Change from baseline (week 0) in C-reactive protein (CRP) (mg/L) at week 26 is presented as ratio to baseline. Results are based on the data from the in-trial observation period, which was the time period from when a participant was randomised until the final scheduled visit, including any period after initiation of rescue medication and/or premature discontinuation of trial product.

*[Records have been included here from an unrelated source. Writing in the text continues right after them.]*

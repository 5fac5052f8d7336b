//! The name of an address.

ghost use Rattle.std.specs.Prelude.{◌≡◌, ◌++◌, find, option_copied, OnOk};
ghost use Rattle.autocoder_statements.specs.Statements.{word};
ghost use Rattle.disassembly.specs.Texts.{is_at, name_at};

use autocoder_layout::Slot;
use autocoder_statements::{Class, Name};
use bcd::Code;
use std::alloc::AllocError;

/// Whether a card defines a name at just this address.
fn is_at(slot: &Slot, address: u16) -> bool
    ensures { result ≡ is_at address slot.now.defines }
{
    match slot.defines {
        None => false,
        Some(definition) => definition.address == u32::from(address),
    }
}

/// The first card that defines a name at just this address.
fn defining(slots: &[Slot], address: u16) -> Option<&Slot>
    ensures { option_copied result ≡ find (λ slot. is_at address slot.defines) slots.now }
{
    slots.iter().find(|slot| is_at(slot, address))
}

/// The name of the first card that defines one at just this address.
#[tactic(auto, unfolding(crate::specs::Texts::name_at))]
pub(crate) fn name_at(slots: &[Slot], address: u16) -> Option<Name>
    ensures { result ≡ name_at slots.now address }
{
    let slot = defining(slots, address)?;
    Some(slot.defines?.name)
}

/// Adds a name: its letters and digits.
pub(crate) fn push_name(text: &mut Vec<Code>, name: &Name) -> Result<(), AllocError>
    ensures { OnOk result (text.new.items ≡ text.old.items ++ word name.now.characters) }
{
    let characters = &name.characters[..];
    text.extend_from_slice(&characters[..Class::Filled.run(characters)])
}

Time to Additional Anti-diabetic Medication

Presented results are the number of participants who had taken additional anti-diabetic medication anytime during the period, from week 0 to week 26. Additional anti-diabetic medication was defined as any new anti-diabetic medication used for more than 21 days with the initiation at or after randomisation (week 0) and before (planned) end-of-treatment (week 26), and/or intensification of anti-diabetic medication (a more than 20% increase in dose relative to baseline) for more than 21 days with the intensification at or after randomisation and before (planned) end-of-treatment. Results are based on the data from the in-trial observation period, which was the time period from when a participant was randomised until the final scheduled visit, including any period after initiation of rescue medication and/or premature discontinuation of trial product.

Time to Rescue Medication

Presented results are the number of participants who had taken rescue medication anytime during the period, from week 0 to week 26. Rescue medication was defined as any new anti-diabetic medication used as add-on to trial product and used for more than 21 days with the initiation at or after randomisation (week 0) and before last day on trial product, and/or intensification of anti-diabetic medication (a more than 20% increase in dose relative to baseline) for more than 21 days with the intensification at or after randomisation and before last day on trial product. Results are based on the data from the on-treatment without rescue medication observation period, which was the time period when a participant was on treatment with trial product, excluding any period after initiation of rescue medication and/or premature trial product discontinuation.

Number of TEAEs

Treatment emergent adverse events (TEAEs) were recorded from week 0 to week 31 (26 weeks treatment period + 5 weeks follow-up period). Adverse events (AEs) with onset during the on-treatment observation period were considered treatment-emergent. On-treatment observation period was defined as the time period when a participant was on treatment with trial product, including any period after initiation of rescue medication.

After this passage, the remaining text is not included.